Citizen Mary at Work
Highlights of the Activism of Mary Arnold
1973: Arnold plays key role in fight to stop UT Regents from selling Lions Municipal Golf Course for commercial development.
1975: Appointed to Austin Goals Assembly, a citizens group that crafted the Austin Tomorrow Plan of 1980, recommending policies for long-term growth and planning.
1978-1984: Serves on city Parks Board, where she made her most forceful arguments against sprawl-inducing Municipal Utility Districts. Also helped enact city landscape, tree preservation, and parkland-dedication ordinances.
1984: Joins Roberta Crenshaw and Susan Toomey Frost in lawsuit against city, challenging a development deal involving city parkland on Town Lake. Mayor Ron Mullen, who had a financial link to the deal, counter-sues the women. Mullen lost re-election six months later.
1984-1989: Appointed to city Planning Commission, rising to chair. Votes against the Terrace, a 1.1 million multi-use development under construction on South MoPac.
1989--1990: Appointed to fill unexpired term on city Water and Wastewater Commission.
1990: Is among 800 people who show up to oppose Freeport-McMoRan's proposed Barton Creek development. The history-making June 7 hearing ends with council rejecting the plan.
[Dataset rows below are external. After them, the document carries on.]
//! What is open in a walk that judges names: each array and object, with the name of the member before.

ghost use Rattle.std.specs.Prelude.{◌≡◌, ◌≤◌, ◌∷◌, [], length, nat_lt, if◌then◌else◌};
ghost use Rattle.tc_model.specs.Limits.{max_depth};
ghost use Rattle.tc_record.specs.Walk.{opened, in_object};
ghost use Rattle.tc_record.specs.WalkView.{piece_of, level_of};
ghost use Rattle.tc_record.specs.Stack.{stack_of};

use crate::kinds::MAX_LEVELS;
use crate::reader::Level;
use crate::token::Piece;

/// The arrays and objects that are open, innermost last.
#[derive(Clone, Copy)]
pub(crate) struct Nesting<'a> {
    pub(crate) levels: [Level<'a>; MAX_LEVELS],
    pub(crate) depth: usize,
    ghost room: { length levels ≡ max_depth },
    ghost shallow: { depth ≤ max_depth },
}

impl<'a> Nesting<'a> {
    /// An object that is open, and nothing else.
    #[inline(always)]
    pub(crate) fn in_object() -> Nesting<'a>
        ensures { stack_of result.levels result.depth ≡ in_object None ∷ [] }
    {
        let mut levels = [Level::Array; MAX_LEVELS];
        levels[0] = Level::Object;
        Nesting { levels, depth: 1 }
    }

    /// Opens what a value opens, or answers `false` where that would nest too deep.
    #[inline(always)]
    pub(crate) fn open(&mut self, value: Piece<'a>) -> bool
        ensures { (if result then Some (stack_of self.new.levels self.new.depth) else None) ≡ opened (piece_of value.entry) (stack_of self.old.levels self.old.depth) }
    {
        match value {
            Piece::Null => true,
            Piece::Bool(_) => true,
            Piece::Int(_) => true,
            Piece::Text(_) => true,
            Piece::Array => self.push(Level::Array),
            Piece::Object => self.push(Level::Object),
            Piece::Close => false,
        }
    }

    #[inline(always)]
    fn push(&mut self, level: Level<'a>) -> bool
        ensures { (if result then Some (stack_of self.new.levels self.new.depth) else None) ≡ (if nat_lt (length (stack_of self.old.levels self.old.depth)) max_depth then Some (level_of level.entry ∷ stack_of self.old.levels self.old.depth) else None) }
    {
        if self.depth >= MAX_LEVELS {
            return false;
        }
        self.levels[self.depth] = level;
        self.depth += 1;
        true
    }
}
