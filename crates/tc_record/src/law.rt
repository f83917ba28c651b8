//! That a record is the record of one document, and no longer than what its document weighs allows.

ghost use Rattle.std.specs.Prelude.{◌≡◌, ◌≤◌, ◌+◌, ◌*◌, ℕ, List, length};
ghost use Rattle.tc_model.specs.Document.{Document};
ghost use Rattle.tc_model.specs.Weight.{weight};
ghost use Rattle.tc_record.specs.Record.{IsRecordOf, header_size, record_of};

/// A law, and no work. Two documents have two records.
pub fn one_document()
    ensures { (d e : Document) (bytes : List ℕ) → IsRecordOf d bytes → IsRecordOf e bytes → d ≡ e }
{}

/// A law, and no work. A record has no more bytes than its header and fourteen for each byte that its document weighs.
pub fn record_within_weight()
    ensures { (d : Document) → length (record_of d) ≤ header_size + 14 * weight d }
{}
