//! The tokens of a record.

/// A value, or the opening or the close of one, with the label of the member that it is.
#[derive(Clone, Copy, Debug)]
pub struct Token<'a> {
    pub label: Label<'a>,
    pub value: Piece<'a>,
}

/// What a value is labelled by: nothing outside of objects, in form 0 a name, in the others the number of one.
#[derive(Clone, Copy, Debug)]
pub enum Label<'a> {
    Bare,
    Name(&'a str),
    Number(u32),
}

/// A scalar, an array or an object opened, or the close of the innermost one.
#[derive(Clone, Copy, Debug)]
pub enum Piece<'a> {
    Null,
    Bool(bool),
    Int(i64),
    Text(&'a str),
    Array,
    Object,
    Close,
}
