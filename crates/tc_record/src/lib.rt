//! Layer 2, records: the vector-based record of a document.
#![tactic(auto)]

mod building;
mod column;
mod column_sizes;
mod columns;
mod cursor;
mod decoding;
mod encoding;
mod fault;
mod flat_rows;
mod header;
mod judging;
mod judging_ascii;
mod judging_numbers;
mod kinds;
mod law;
mod measure;
mod names_left;
mod nesting;
mod numbers;
mod passing;
mod reader;
mod record_ref;
mod sections;
mod sizing;
mod stored;
mod tags;
mod token;
mod totals;
mod walking;
mod widths;

pub use column::Column;
pub use column_sizes::{column_bits, column_bytes, least_width};
pub use cursor::Cursor;
pub use decoding::decode;
pub use encoding::encode;
pub use fault::RecordFault;
pub use header::{NAMED_FORM, NUMBERED_FORM, PACKED_FORM};
pub use law::{one_document, record_within_weight};
pub use names_left::NamesLeft;
pub use reader::precedes;
pub use record_ref::RecordRef;
pub use sizing::{HEADER_SIZE, size};
pub use stored::is_stored_record;
pub use token::{Label, Piece, Token};
pub use widths::{Width, put_number};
1991: A new, so-called R.U.L.E. majority of City Council replaces recently enacted water-quality protection ordinance with a weaker "composite" ordinance. The action fuels calls for a voter referendum.
1992: The Save Our Springs ordinance wins overwhelmingly.
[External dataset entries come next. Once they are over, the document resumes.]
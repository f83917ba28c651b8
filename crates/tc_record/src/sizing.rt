//! The length of a document's record.

ghost use Rattle.std.specs.Prelude.{◌≡◌, ◌≤◌, ◌<◌, ◌^◌, IfSome, IfNone, nat_lt, if◌then◌else◌, length};
ghost use Rattle.tc_value.specs.Meaning.{tree_of};
ghost use Rattle.tc_record.specs.Record.{record_of};
ghost use Rattle.tc_model.specs.Stored.{IsObject};
ghost use Rattle.tc_record.specs.Widths.{width_bytes};
ghost use Rattle.tc_record.specs.Measured.{column_width, column_len, record_len};

use crate::measure::{ColumnSum, Measure, measure_document};
use crate::widths::Width;
use tc_value::Doc;

/// How many bytes the header of a record has.
pub const HEADER_SIZE: usize = 23;

/// The length of the record of form 0, or `None` where the document is no object or its record would have 4,294,967,296
/// bytes or more. Takes no memory.
pub fn size(doc: &Doc) -> Option<u32>
    ensures some { IfSome result (λ len. IsObject (tree_of doc.now) × (len ≡ length (record_of (tree_of doc.now)))) }
    ensures none { IfNone result (IsObject (tree_of doc.now) → 2 ^ 32 ≤ length (record_of (tree_of doc.now))) }
{
    match doc {
        Doc::Object(_) => within_u32(len_of_record(measure_document(doc))),
        _ => None,
    }
}

fn within_u32(len: u64) -> Option<u32>
    ensures { result ≡ (if nat_lt len (2 ^ 32) then Some len else None) }
{
    if len < 0x1_0000_0000 {
        Some(len as u32)
    } else {
        None
    }
}

pub(crate) fn width_of_column(column: ColumnSum) -> Width
    ensures { width_bytes result ≡ column_width column }
{
    if column.count == 0 {
        Width::Zero
    } else {
        Width::holding(column.greatest)
    }
}

fn len_of_column(column: ColumnSum) -> u64
    ensures { result ≡ column_len column }
{
    let width = width_of_column(column).bytes();
    column
        .count
        .saturating_mul(u64::from(width))
        .saturating_add(column.bytes)
}

pub(crate) fn len_of_record(measure: Measure) -> u64
    ensures { result ≡ record_len measure }
{
    let values = (HEADER_SIZE as u64)
        .saturating_add(measure.tags)
        .saturating_add(measure.fixed);
    let texts = len_of_column(measure.texts);
    let names = len_of_column(measure.names);
    values.saturating_add(texts.saturating_add(names))
}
1994: Runs unsuccessfully against City Council member Ronney Reynolds, part of the conservative R.U.L.E. majority.
1995--2000: Stays active in progressive politics, often opposing City Council votes on controversial development deals, including the hotly debated Gary Bradley agreement.
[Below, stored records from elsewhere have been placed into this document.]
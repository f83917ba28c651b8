//! The columns of a record that is being written.

ghost use Rattle.std.specs.Prelude.{◌≡◌, ◌∷◌, ◌++◌, [], Some, OnOk, IfOk};
ghost use Rattle.tc_model.specs.Document.{text};
ghost use Rattle.tc_record.specs.Preorder.{scalar};
ghost use Rattle.tc_record.specs.Measured.{column_width};
ghost use Rattle.tc_record.specs.Written.{written, begun, with_value, with_piece, with_label, in_a_row};

use crate::measure::Measure;
use crate::sizing::width_of_column;
use crate::tags::TEXT_TAG;
use crate::widths::{Width, put_number};
use std::alloc::{AllocError, Global};

// How many bytes are few: most names have no more.
const FEW: usize = 6;

/// What is written of each column. The header stands before the tags.
#[derive(Drop)]
pub(crate) struct Columns {
    pub(crate) text_width: Width,
    pub(crate) name_width: Width,
    pub(crate) tags: Vec<u8>,
    pub(crate) fixed: Vec<u8>,
    pub(crate) text_lengths: Vec<u8>,
    pub(crate) texts: Vec<u8>,
    pub(crate) name_lengths: Vec<u8>,
    pub(crate) names: Vec<u8>,
}

impl Columns {
    /// The columns of a record that has its header alone, each but the tags with room for what was measured.
    pub(crate) fn behind(
        alloc: Global,
        header: Vec<u8>,
        measure: Measure,
    ) -> Result<Columns, AllocError>
        ensures { IfOk result (λ columns. written columns ≡ begun (column_width measure.texts) (column_width measure.names) header.items) }
    {
        let text_width = width_of_column(measure.texts);
        let name_width = width_of_column(measure.names);
        let fixed = Vec::with_capacity(alloc, measure.fixed as usize)?;
        let text_lengths = numbers_room(alloc, measure.texts.count, text_width)?;
        let texts = Vec::with_capacity(alloc, measure.texts.bytes as usize)?;
        let name_lengths = numbers_room(alloc, measure.names.count, name_width)?;
        let names = Vec::with_capacity(alloc, measure.names.bytes as usize)?;
        Ok(Columns {
            text_width,
            name_width,
            tags: header,
            fixed,
            text_lengths,
            texts,
            name_lengths,
            names,
        })
    }

    /// Appends a value that has neither fixed bytes nor a text, or a close.
    pub(crate) fn put_tag(&mut self, tag: u8) -> Result<(), AllocError>
        ensures { OnOk result (written self.new ≡ with_value (written self.old) tag [] []) }
    {
        self.tags.push(tag)?;
        Ok(())
    }

    /// Appends a value of one byte.
    #[inline(always)]
    pub(crate) fn put_byte(&mut self, tag: u8, byte: u8) -> Result<(), AllocError>
        ensures { OnOk result (written self.new ≡ with_value (written self.old) tag (byte ∷ []) []) }
    {
        self.tags.push(tag)?;
        self.fixed.push(byte)?;
        Ok(())
    }

    /// Appends a value of fixed size.
    pub(crate) fn put_fixed(&mut self, tag: u8, bytes: &[u8]) -> Result<(), AllocError>
        ensures { OnOk result (written self.new ≡ with_value (written self.old) tag bytes.now []) }
    {
        self.tags.push(tag)?;
        self.fixed.extend_from_slice(bytes)
    }

    /// Appends a text.
    #[inline(always)]
    pub(crate) fn put_text(&mut self, value: &str) -> Result<(), AllocError>
        ensures { OnOk result (written self.new ≡ with_piece (written self.old) (scalar (text value.now))) }
    {
        self.tags.push(TEXT_TAG)?;
        put_number(self.text_width, value.len(), &mut self.text_lengths)?;
        self.texts.extend_from_slice(value.as_bytes())
    }

    /// Appends the name of a member.
    pub(crate) fn put_name(&mut self, name: &str) -> Result<(), AllocError>
        ensures { OnOk result (written self.new ≡ with_label (written self.old) (Some name.now)) }
    {
        put_number(self.name_width, name.len(), &mut self.name_lengths)?;
        put_bytes(name.as_bytes(), &mut self.names)
    }

    /// The columns in one piece, in the memory of the first.
    pub(crate) fn into_row(self) -> Result<Vec<u8>, AllocError>
        ensures { IfOk result (λ row. row.items ≡ in_a_row (written self)) }
    {
        let mut row = self.tags;
        row.extend_from_slice(&self.fixed)?;
        row.extend_from_slice(&self.text_lengths)?;
        row.extend_from_slice(&self.texts)?;
        row.extend_from_slice(&self.name_lengths)?;
        row.extend_from_slice(&self.names)?;
        Ok(row)
    }
}

// Appends bytes. Where they are few, to push each takes fewer instructions than the call that copies them.
#[inline(always)]
fn put_bytes(bytes: &[u8], out: &mut Vec<u8>) -> Result<(), AllocError>
    ensures { OnOk result (out.new.items ≡ out.old.items ++ bytes.now) }
{
    if bytes.len() > FEW {
        return out.extend_from_slice(bytes);
    }
    for byte in bytes {
        out.push(*byte)?;
    }
    Ok(())
}

// Room for so many numbers of a column.
fn numbers_room(alloc: Global, count: u64, width: Width) -> Result<Vec<u8>, AllocError>
    ensures { IfOk result (λ room. room.items ≡ []) }
{
    Vec::with_capacity(
        alloc,
        count.saturating_mul(u64::from(width.bytes())) as usize,
    )
}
2001: Scores a victory with City Council's rejection of the proposed Lumbermen's development on Town Lake.
2001: Retires from SOS board.
2002: Involved in ongoing development negotiations with Stratus Properties (formerly Freeport-McMoRan); serves as a City Council appointee on a committee to determine environmental impact of LCRA's water pipeline endeavors.